## Task details:
What you return must match the records exactly, with every line included.

## Data for processing:

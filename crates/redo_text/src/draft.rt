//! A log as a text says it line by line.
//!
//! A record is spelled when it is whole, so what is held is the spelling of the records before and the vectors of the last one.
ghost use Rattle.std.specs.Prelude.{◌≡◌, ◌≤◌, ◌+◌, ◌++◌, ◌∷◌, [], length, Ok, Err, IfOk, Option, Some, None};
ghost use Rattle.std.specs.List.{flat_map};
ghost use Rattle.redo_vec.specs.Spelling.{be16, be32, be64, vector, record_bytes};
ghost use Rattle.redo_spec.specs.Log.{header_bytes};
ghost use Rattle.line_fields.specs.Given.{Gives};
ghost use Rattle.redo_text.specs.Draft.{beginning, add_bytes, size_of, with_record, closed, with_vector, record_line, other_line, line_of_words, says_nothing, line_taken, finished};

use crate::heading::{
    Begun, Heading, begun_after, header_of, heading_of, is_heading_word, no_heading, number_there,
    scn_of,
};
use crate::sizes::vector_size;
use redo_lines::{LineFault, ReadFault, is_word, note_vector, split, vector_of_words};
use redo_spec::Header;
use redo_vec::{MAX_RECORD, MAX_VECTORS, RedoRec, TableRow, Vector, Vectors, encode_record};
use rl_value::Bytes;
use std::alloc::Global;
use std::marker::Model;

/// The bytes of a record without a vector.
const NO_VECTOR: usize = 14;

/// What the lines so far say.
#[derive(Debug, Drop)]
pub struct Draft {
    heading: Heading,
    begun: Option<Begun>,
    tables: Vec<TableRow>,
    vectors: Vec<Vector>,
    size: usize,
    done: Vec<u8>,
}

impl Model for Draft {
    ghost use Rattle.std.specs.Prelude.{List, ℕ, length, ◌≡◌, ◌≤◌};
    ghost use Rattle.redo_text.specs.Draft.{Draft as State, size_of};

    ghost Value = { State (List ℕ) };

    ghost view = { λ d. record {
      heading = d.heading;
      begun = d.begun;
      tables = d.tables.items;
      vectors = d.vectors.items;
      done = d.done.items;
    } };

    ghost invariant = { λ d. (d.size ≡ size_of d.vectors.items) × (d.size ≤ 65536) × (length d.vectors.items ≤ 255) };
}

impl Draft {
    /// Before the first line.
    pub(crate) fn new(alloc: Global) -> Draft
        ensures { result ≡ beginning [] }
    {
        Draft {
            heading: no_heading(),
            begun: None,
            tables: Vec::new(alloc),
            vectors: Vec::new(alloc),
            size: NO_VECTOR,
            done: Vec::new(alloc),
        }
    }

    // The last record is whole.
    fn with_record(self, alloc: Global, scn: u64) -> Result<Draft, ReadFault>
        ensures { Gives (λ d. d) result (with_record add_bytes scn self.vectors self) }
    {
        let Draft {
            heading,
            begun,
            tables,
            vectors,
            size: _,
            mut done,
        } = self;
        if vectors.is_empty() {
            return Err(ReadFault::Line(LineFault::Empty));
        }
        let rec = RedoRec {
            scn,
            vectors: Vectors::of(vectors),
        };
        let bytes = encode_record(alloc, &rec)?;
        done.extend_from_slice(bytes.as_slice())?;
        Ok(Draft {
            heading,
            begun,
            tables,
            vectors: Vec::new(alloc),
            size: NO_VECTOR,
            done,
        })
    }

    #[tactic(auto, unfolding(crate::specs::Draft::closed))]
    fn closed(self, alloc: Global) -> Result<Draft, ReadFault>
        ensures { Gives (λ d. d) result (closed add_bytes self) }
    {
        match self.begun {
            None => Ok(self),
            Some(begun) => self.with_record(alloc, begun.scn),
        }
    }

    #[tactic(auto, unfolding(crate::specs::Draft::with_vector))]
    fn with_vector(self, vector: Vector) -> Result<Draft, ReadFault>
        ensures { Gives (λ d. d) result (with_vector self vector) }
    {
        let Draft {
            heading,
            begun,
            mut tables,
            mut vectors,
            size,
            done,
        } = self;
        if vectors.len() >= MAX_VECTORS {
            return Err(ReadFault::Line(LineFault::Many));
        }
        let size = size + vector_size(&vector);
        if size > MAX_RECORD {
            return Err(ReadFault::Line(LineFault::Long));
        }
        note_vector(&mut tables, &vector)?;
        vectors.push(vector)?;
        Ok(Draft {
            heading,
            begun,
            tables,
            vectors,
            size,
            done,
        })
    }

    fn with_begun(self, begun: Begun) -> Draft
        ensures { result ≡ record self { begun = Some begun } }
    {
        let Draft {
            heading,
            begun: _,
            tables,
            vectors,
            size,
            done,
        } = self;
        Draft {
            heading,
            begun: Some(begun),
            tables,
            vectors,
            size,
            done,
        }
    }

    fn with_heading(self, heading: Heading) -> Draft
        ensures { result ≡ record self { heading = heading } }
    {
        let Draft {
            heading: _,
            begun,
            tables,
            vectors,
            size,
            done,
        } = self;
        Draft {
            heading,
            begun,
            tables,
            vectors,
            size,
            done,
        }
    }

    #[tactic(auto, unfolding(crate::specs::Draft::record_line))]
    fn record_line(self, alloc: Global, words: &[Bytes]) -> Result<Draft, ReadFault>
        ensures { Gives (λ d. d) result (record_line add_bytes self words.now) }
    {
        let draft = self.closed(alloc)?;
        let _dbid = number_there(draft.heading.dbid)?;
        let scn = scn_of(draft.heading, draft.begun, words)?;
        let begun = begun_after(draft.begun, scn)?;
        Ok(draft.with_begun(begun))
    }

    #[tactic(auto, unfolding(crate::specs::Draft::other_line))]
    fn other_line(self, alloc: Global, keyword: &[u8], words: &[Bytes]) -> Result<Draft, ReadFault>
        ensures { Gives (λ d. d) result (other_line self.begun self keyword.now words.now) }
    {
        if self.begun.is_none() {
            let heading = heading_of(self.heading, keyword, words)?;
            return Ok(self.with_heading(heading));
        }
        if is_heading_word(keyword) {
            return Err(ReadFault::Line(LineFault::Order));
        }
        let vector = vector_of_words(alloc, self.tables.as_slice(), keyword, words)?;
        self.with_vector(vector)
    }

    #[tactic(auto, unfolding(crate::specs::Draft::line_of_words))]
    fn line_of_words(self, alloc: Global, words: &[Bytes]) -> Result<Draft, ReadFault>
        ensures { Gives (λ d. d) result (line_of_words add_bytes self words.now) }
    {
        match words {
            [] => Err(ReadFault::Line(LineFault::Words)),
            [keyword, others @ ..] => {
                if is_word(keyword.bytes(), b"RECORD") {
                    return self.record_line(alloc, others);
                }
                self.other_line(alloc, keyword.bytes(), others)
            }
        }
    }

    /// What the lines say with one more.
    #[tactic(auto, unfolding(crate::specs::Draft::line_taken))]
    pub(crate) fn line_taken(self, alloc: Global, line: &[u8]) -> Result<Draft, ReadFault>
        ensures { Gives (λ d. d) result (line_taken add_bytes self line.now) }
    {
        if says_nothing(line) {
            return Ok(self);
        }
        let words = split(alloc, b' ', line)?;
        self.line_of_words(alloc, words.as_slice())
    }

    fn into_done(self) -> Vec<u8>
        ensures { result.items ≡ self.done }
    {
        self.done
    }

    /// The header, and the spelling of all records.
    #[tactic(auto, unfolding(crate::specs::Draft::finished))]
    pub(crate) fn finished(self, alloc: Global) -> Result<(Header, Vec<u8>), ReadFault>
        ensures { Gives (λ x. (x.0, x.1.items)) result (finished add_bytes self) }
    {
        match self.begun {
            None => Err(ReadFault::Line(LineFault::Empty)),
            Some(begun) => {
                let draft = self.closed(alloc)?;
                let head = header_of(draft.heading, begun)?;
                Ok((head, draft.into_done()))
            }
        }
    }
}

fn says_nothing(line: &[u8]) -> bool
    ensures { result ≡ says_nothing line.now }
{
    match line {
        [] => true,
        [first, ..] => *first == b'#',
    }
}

## Answer:
filename crates/redo_text/src/draft.rt
//! A log as a text says it line by line.
//!
//! A record is spelled when it is whole, so what is held is the spelling of the records before and the vectors of the last one.
ghost use Rattle.std.specs.Prelude.{◌≡◌, ◌≤◌, ◌+◌, ◌++◌, ◌∷◌, [], length, Ok, Err, IfOk, Option, Some, None};
ghost use Rattle.std.specs.List.{flat_map};
ghost use Rattle.redo_vec.specs.Spelling.{be16, be32, be64, vector, record_bytes};
ghost use Rattle.redo_spec.specs.Log.{header_bytes};
ghost use Rattle.line_fields.specs.Given.{Gives};
ghost use Rattle.redo_text.specs.Draft.{beginning, add_bytes, size_of, with_record, closed, with_vector, record_line, other_line, line_of_words, says_nothing, line_taken, finished};

use crate::heading::{
    Begun, Heading, begun_after, header_of, heading_of, is_heading_word, no_heading, number_there,
    scn_of,
};
use crate::sizes::vector_size;
use redo_lines::{LineFault, ReadFault, is_word, note_vector, split, vector_of_words};
use redo_spec::Header;
use redo_vec::{MAX_RECORD, MAX_VECTORS, RedoRec, TableRow, Vector, Vectors, encode_record};
use rl_value::Bytes;
use std::alloc::Global;
use std::marker::Model;

/// The bytes of a record without a vector.
const NO_VECTOR: usize = 14;

/// What the lines so far say.
#[derive(Debug, Drop)]
pub struct Draft {
    heading: Heading,
    begun: Option<Begun>,
    tables: Vec<TableRow>,
    vectors: Vec<Vector>,
    size: usize,
    done: Vec<u8>,
}

impl Model for Draft {
    ghost use Rattle.std.specs.Prelude.{List, ℕ, length, ◌≡◌, ◌≤◌};
    ghost use Rattle.redo_text.specs.Draft.{Draft as State, size_of};

    ghost Value = { State (List ℕ) };

    ghost view = { λ d. record {
      heading = d.heading;
      begun = d.begun;
      tables = d.tables.items;
      vectors = d.vectors.items;
      done = d.done.items;
    } };

    ghost invariant = { λ d. (d.size ≡ size_of d.vectors.items) × (d.size ≤ 65536) × (length d.vectors.items ≤ 255) };
}

impl Draft {
    /// Before the first line.
    pub(crate) fn new(alloc: Global) -> Draft
        ensures { result ≡ beginning [] }
    {
        Draft {
            heading: no_heading(),
            begun: None,
            tables: Vec::new(alloc),
            vectors: Vec::new(alloc),
            size: NO_VECTOR,
            done: Vec::new(alloc),
        }
    }

    // The last record is whole.
    fn with_record(self, alloc: Global, scn: u64) -> Result<Draft, ReadFault>
        ensures { Gives (λ d. d) result (with_record add_bytes scn self.vectors self) }
    {
        let Draft {
            heading,
            begun,
            tables,
            vectors,
            size: _,
            mut done,
        } = self;
        if vectors.is_empty() {
            return Err(ReadFault::Line(LineFault::Empty));
        }
        let rec = RedoRec {
            scn,
            vectors: Vectors::of(vectors),
        };
        let bytes = encode_record(alloc, &rec)?;
        done.extend_from_slice(bytes.as_slice())?;
        Ok(Draft {
            heading,
            begun,
            tables,
            vectors: Vec::new(alloc),
            size: NO_VECTOR,
            done,
        })
    }

    #[tactic(auto, unfolding(crate::specs::Draft::closed))]
    fn closed(self, alloc: Global) -> Result<Draft, ReadFault>
        ensures { Gives (λ d. d) result (closed add_bytes self) }
    {
        match self.begun {
            None => Ok(self),
            Some(begun) => self.with_record(alloc, begun.scn),
        }
    }

    #[tactic(auto, unfolding(crate::specs::Draft::with_vector))]
    fn with_vector(self, vector: Vector) -> Result<Draft, ReadFault>
        ensures { Gives (λ d. d) result (with_vector self vector) }
    {
        let Draft {
            heading,
            begun,
            mut tables,
            mut vectors,
            size,
            done,
        } = self;
        if vectors.len() >= MAX_VECTORS {
            return Err(ReadFault::Line(LineFault::Many));
        }
        let size = size + vector_size(&vector);
        if size > MAX_RECORD {
            return Err(ReadFault::Line(LineFault::Long));
        }
        note_vector(&mut tables, &vector)?;
        vectors.push(vector)?;
        Ok(Draft {
            heading,
            begun,
            tables,
            vectors,
            size,
            done,
        })
    }

    fn with_begun(self, begun: Begun) -> Draft
        ensures { result ≡ record self { begun = Some begun } }
    {
        let Draft {
            heading,
            begun: _,
            tables,
            vectors,
            size,
            done,
        } = self;
        Draft {
            heading,
            begun: Some(begun),
            tables,
            vectors,
            size,
            done,
        }
    }

    fn with_heading(self, heading: Heading) -> Draft
        ensures { result ≡ record self { heading = heading } }
    {
        let Draft {
            heading: _,
            begun,
            tables,
            vectors,
            size,
            done,
        } = self;
        Draft {
            heading,
            begun,
            tables,
            vectors,
            size,
            done,
        }
    }

    #[tactic(auto, unfolding(crate::specs::Draft::record_line))]
    fn record_line(self, alloc: Global, words: &[Bytes]) -> Result<Draft, ReadFault>
        ensures { Gives (λ d. d) result (record_line add_bytes self words.now) }
    {
        let draft = self.closed(alloc)?;
        let _dbid = number_there(draft.heading.dbid)?;
        let scn = scn_of(draft.heading, draft.begun, words)?;
        let begun = begun_after(draft.begun, scn)?;
        Ok(draft.with_begun(begun))
    }

    #[tactic(auto, unfolding(crate::specs::Draft::other_line))]
    fn other_line(self, alloc: Global, keyword: &[u8], words: &[Bytes]) -> Result<Draft, ReadFault>
        ensures { Gives (λ d. d) result (other_line self.begun self keyword.now words.now) }
    {
        if self.begun.is_none() {
            let heading = heading_of(self.heading, keyword, words)?;
            return Ok(self.with_heading(heading));
        }
        if is_heading_word(keyword) {
            return Err(ReadFault::Line(LineFault::Order));
        }
        let vector = vector_of_words(alloc, self.tables.as_slice(), keyword, words)?;
        self.with_vector(vector)
    }

    #[tactic(auto, unfolding(crate::specs::Draft::line_of_words))]
    fn line_of_words(self, alloc: Global, words: &[Bytes]) -> Result<Draft, ReadFault>
        ensures { Gives (λ d. d) result (line_of_words add_bytes self words.now) }
    {
        match words {
            [] => Err(ReadFault::Line(LineFault::Words)),
            [keyword, others @ ..] => {
                if is_word(keyword.bytes(), b"RECORD") {
                    return self.record_line(alloc, others);
                }
                self.other_line(alloc, keyword.bytes(), others)
            }
        }
    }

    /// What the lines say with one more.
    #[tactic(auto, unfolding(crate::specs::Draft::line_taken))]
    pub(crate) fn line_taken(self, alloc: Global, line: &[u8]) -> Result<Draft, ReadFault>
        ensures { Gives (λ d. d) result (line_taken add_bytes self line.now) }
    {
        if says_nothing(line) {
            return Ok(self);
        }
        let words = split(alloc, b' ', line)?;
        self.line_of_words(alloc, words.as_slice())
    }

    fn into_done(self) -> Vec<u8>
        ensures { result.items ≡ self.done }
    {
        self.done
    }

    /// The header, and the spelling of all records.
    #[tactic(auto, unfolding(crate::specs::Draft::finished))]
    pub(crate) fn finished(self, alloc: Global) -> Result<(Header, Vec<u8>), ReadFault>
        ensures { Gives (λ x. (x.0, x.1.items)) result (finished add_bytes self) }
    {
        match self.begun {
            None => Err(ReadFault::Line(LineFault::Empty)),
            Some(begun) => {
                let draft = self.closed(alloc)?;
                let head = header_of(draft.heading, begun)?;
                Ok((head, draft.into_done()))
            }
        }
    }
}

fn says_nothing(line: &[u8]) -> bool
    ensures { result ≡ says_nothing line.now }
{
    match line {
        [] => true,
        [first, ..] => *first == b'#',
    }
}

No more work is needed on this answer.